Book tour update: When the funnel gets flipped

A few weeks ago, I blogged about a new kind of book tour I am planning for May. Little did I know that it would turn into a fascinating experiment in the power of the network. Find out all the details on the entire tour right here.

As of now, the tour is scheduled for about half a dozen cities, including:

Philadelphia, May 16

Chicago, May 22

 New York, May 29

Santa Clara, May 23

Ann Arbor, May 22
 

Phoenix/Tempe, May 24

with Salt Lake City coming as soon as we nail down the timing. [Breaking news: Salt Lake City, May 24 in the afternoon is now ready for booking.] The amazing thing is that most of these were created, built and run by people I have never met before. Satisfied readers decided it would be fun to see if they could organize hundreds of people, find a venue, work with a bookstore and pull the entire thing off. And they have. It’s gratifying and humbling, and a testament to what one person with dedication can do now that we all have access to the network. You can find organizer pages for Salt Lake, Phoenix, Ann Arbor and Silicon Valley for more details on how they did it.
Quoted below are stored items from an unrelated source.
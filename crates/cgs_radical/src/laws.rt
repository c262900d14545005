//! What holds of all emptiness runs. The functions do nothing.

ghost use Rattle.cgs_radical.specs.Examples.{GreatestPowerIsTooHigh, NothingIsPossible, OneAmongZeroIsEmpty, ProductIsEmpty, ZeroAmongNonzeroIsEmpty, ZeroAndNotIsEmpty, ZeroIsPossible};
ghost use Rattle.cgs_radical.specs.Laws.{ContradictionHasNoPoint, EmptyHasNoPoint, EmptyIsContradiction};

/// Conditions with 1 in the ideal of E and y*n1*..*nk - 1 have no point.
pub fn contradiction_has_no_point()
    ensures { ContradictionHasNoPoint }
{}

/// A run that ends with a result is true exactly where that is so.
pub fn empty_is_contradiction()
    ensures { EmptyIsContradiction }
{}

/// A run that ends with true is over a region with no point.
pub fn empty_has_no_point()
    ensures { EmptyHasNoPoint }
{}

/// Worked runs, each with the units that it needs.
pub fn emptiness_examples()
    ensures nothing { NothingIsPossible }
    ensures zero { ZeroIsPossible }
    ensures zero_and_not { ZeroAndNotIsEmpty }
    ensures one_among_zero { OneAmongZeroIsEmpty }
    ensures zero_among_nonzero { ZeroAmongNonzeroIsEmpty }
    ensures product { ProductIsEmpty }
    ensures greatest_power { GreatestPowerIsTooHigh }
{}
This is a much bigger story than one author visiting a few cities. This sort of approach works for just about any marketer. If you don’t have customers who are willing to organize this sort of event, what are you missing? It’s easy to imagine doctors doing it when bringing a brain researcher to town. Or chocolate or wine fanatics welcoming a particularly talented vintner to their neighborhood. And it doesn’t have to be an in person visit. It could work just as well in sending people to a vibrant, important YouTube document on a politician, or a blog post about a new actuarial practice.

It’s taking the world (including me) a long time to get around the top-down, Oprah-driven mindset that comes so naturally.

Almost all authors hate book tours. They hate the idea of going to a city on spec, hoping the bookstore can scare enough people into coming by (usually by posting signs in the lobby) and most of all they hate the idea of a slightly indifferent audience walking by, sniffing at a book and walking away. Ouch. And it’s not just authors that hate it. Willy Loman hated it, too. So does John McCain.

The takeaway for all of us is this:
1. Build a permission asset: a group of people that actually wants to hear what you’re up to.
2. Create something (a product, a service, a story) that those people want to spread (not get paid to spread, but choose to spread) and get out of the way.

Thanks to the organizers around the country, we all just learned something.